In the financial corridors, whispers are growing louder that should the United States Securities and Exchange Commission (SEC) nod to a Bitcoin exchange-traded fund (ETF), the value of the premier cryptocurrency could hit a staggering $185,000, leaping more than 6x its current rate.
As of August 30, Bitcoin is hovering slightly below the $30,000 mark. However, it’s standing its ground steadfastly against the tides. During a CNBC dialogue, Tom Lee, a frequent commentator on Bitcoin’s price trajectory, provided a perspective causing ripples. Lee posited that approving a spot ETF would absorb Bitcoin’s daily supply. With demand heavily outweighing supply, this imbalance would be the dynamo pushing the coin’s price to the vicinity of $185,000.
Zooming out, Bitcoin’s roller-coaster journey is well documented. Despite witnessing a drastic plunge over the last 20 months, it’s still the undefeated champion in the crypto arena based on market cap. Bitcoin’s value soared to a whopping $69,000 in its heyday before the winds changed in 2022. A massive selloff was triggered, dragging its value to below $16,000 in November 2022. But like the phoenix, Bitcoin rebounded, registering a 50% climb from its November doldrums and hitting north of $31,000 in July 2023.
With bated breath, the crypto community now has its gaze fixed on the SEC, the stern gatekeeper of financial regulations. The SEC has previously brushed aside pleas for a direct ETF derivative mapping Bitcoin prices. Although a nod was given for a Bitcoin Futures ETF, the crypto industry’s clamor is for a direct spot BTC ETF.

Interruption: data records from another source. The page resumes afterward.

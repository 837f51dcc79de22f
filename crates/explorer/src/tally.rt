//! What is told of histories.

ghost use Rattle.std.specs.Prelude.{◌≡◌, ◌≤◌, ◌<◌, ◌^◌, ◌+◌, ◌++◌, ◌∷◌, [], List, length, nat_le, OnOk};
ghost use Rattle.hist_model.specs.declared.event.Event.{Event};
ghost use Rattle.hist_model.specs.declared.policy.Policy.{Policy as PolicyValue};
ghost use Rattle.hist_model.specs.declared.script.Script.{Script as ScriptValue};
ghost use Rattle.outcome_text.specs.Sight as sight;
ghost use Rattle.explorer.specs.Taken.{event_limit};

use crate::found::{FoundOutcome, add_all, add_history};
use crate::one_by_one::Explored;
use hist_model::history::History;
use hist_model::policy::Policy;
use std::alloc::Global;
use sys_abi::memory::NoMemory;

/// So many events are explored at least, where a history is left.
pub(crate) const EVENT_LIMIT: u64 = 100_000_000;

/// How many histories there are, how many events they have together, and how many the longest; and what they come to.
#[derive(Drop, Debug)]
pub(crate) struct Tally {
    histories: u64,
    events: u64,
    longest: u64,
    outcomes: Vec<FoundOutcome>,
}

impl Tally {
    ghost use Rattle.explorer.specs.Telling.{TellsOf};

    /// Of no history.
    pub(crate) fn none(alloc: Global) -> Tally
        ensures { (P : PolicyValue) (S : ScriptValue) → TellsOf P S [] result }
    {
        Tally {
            histories: 0,
            events: 0,
            longest: 0,
            outcomes: Vec::new(alloc),
        }
    }

    /// How many histories there are.
    pub(crate) fn histories(&self) -> u64
        ensures { result ≡ self.now.histories }
    {
        self.histories
    }

    /// How many events they have.
    pub(crate) fn events(&self) -> u64
        ensures { result ≡ self.now.events }
    {
        self.events
    }

    /// Whether there are as many events as are explored at least.
    pub(crate) fn is_full(&self) -> bool
        ensures { result ≡ nat_le event_limit self.now.events }
    {
        EVENT_LIMIT <= self.events
    }

    /// With a history more, in which the effects at the `hidden` places are out of sight.
    pub(crate) fn note(
        &mut self,
        alloc: Global,
        policy: &Policy,
        history: &History,
        hidden: &[usize],
    ) -> Result<(), NoMemory>
        requires told { (S : ScriptValue) × (L : List (List Event)) × TellsOf policy.now S L self.old }
        requires room { self.old.events < event_limit }
        requires begun { 0 < length history.now.events }
        requires few { length history.now.events < 2 ^ 63 }
        ensures tells { OnOk result ((S : ScriptValue) (L : List (List Event)) → hidden.now ≡ sight.hidden S history.now.events → TellsOf policy.now S L self.old → TellsOf policy.now S (L ++ history.now.events ∷ []) self.new) }
        ensures events { OnOk result (self.new.events ≡ self.old.events + length history.now.events) }
    {
        add_history(alloc, &mut self.outcomes, policy, history, hidden)?;
        let events = history.len() as u64;
        self.histories += 1;
        self.events += events;
        self.longest = self.longest.max(events);
        Ok(())
    }

    /// With the histories of another one behind its own.
    pub(crate) fn join(&mut self, other: Tally) -> Result<(), NoMemory>
        requires told { (P : PolicyValue) × (S : ScriptValue) × (L M : List (List Event)) × TellsOf P S L self.old × TellsOf P S M other }
        requires few { self.old.events + other.events < 2 ^ 64 }
        ensures tells { OnOk result ((P : PolicyValue) (S : ScriptValue) (L M : List (List Event)) → TellsOf P S L self.old → TellsOf P S M other → TellsOf P S (L ++ M) self.new) }
        ensures events { OnOk result (self.new.events ≡ self.old.events + other.events) }
    {
        let Tally {
            histories,
            events,
            longest,
            outcomes,
        } = other;
        add_all(&mut self.outcomes, outcomes)?;
        self.histories += histories;
        self.events += events;
        self.longest = self.longest.max(longest);
        Ok(())
    }

    /// What exploring these came to, and whether no history is left.
    pub(crate) fn told(self, whole: bool) -> Explored
        ensures histories { result.histories ≡ self.histories }
        ensures events { result.events ≡ self.events }
        ensures longest { result.longest ≡ self.longest }
        ensures whole { result.whole ≡ whole }
        ensures outcomes { result.outcomes ≡ self.outcomes }
    {
        let Tally {
            histories,
            events,
            longest,
            outcomes,
        } = self;
        Explored {
            histories,
            events,
            longest,
            whole,
            outcomes,
        }
    }
}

After the landmark August 29 court verdict backed Grayscale’s stance that their Bitcoin spot ETF was insulated against market manipulation, the crypto fraternity was buoyant. The SEC faced a setback, but the court refrained from steering them toward approving the ETF. However, after witnessing Bitcoin’s price catapult from $25,800 to $28,000 post-verdict, a growing cohort believes the SEC is cornered and might yield to the ETF pressure sooner rather than later.
To thicken the plot, on August 30, Bloomberg’s senior ETF analysts, Eric Balchunas, and James Seyffart ratcheted up their projection of an SEC approval for a spot ETF in 2023 to 75%, a jump from their earlier 65% estimate. If 2023 remains barren, they project a 95% chance for the green light in 2024. Their optimism springs from the court’s recent unambiguous stance in the SEC vs. Grayscale duel, which trapped the SEC and dealt them a PR blow, thanks to the media frenzy.
Bitcoin’s fate hangs in the balance in this unfolding drama, with the SEC holding the strings. The crypto world watches, waits, and wonders.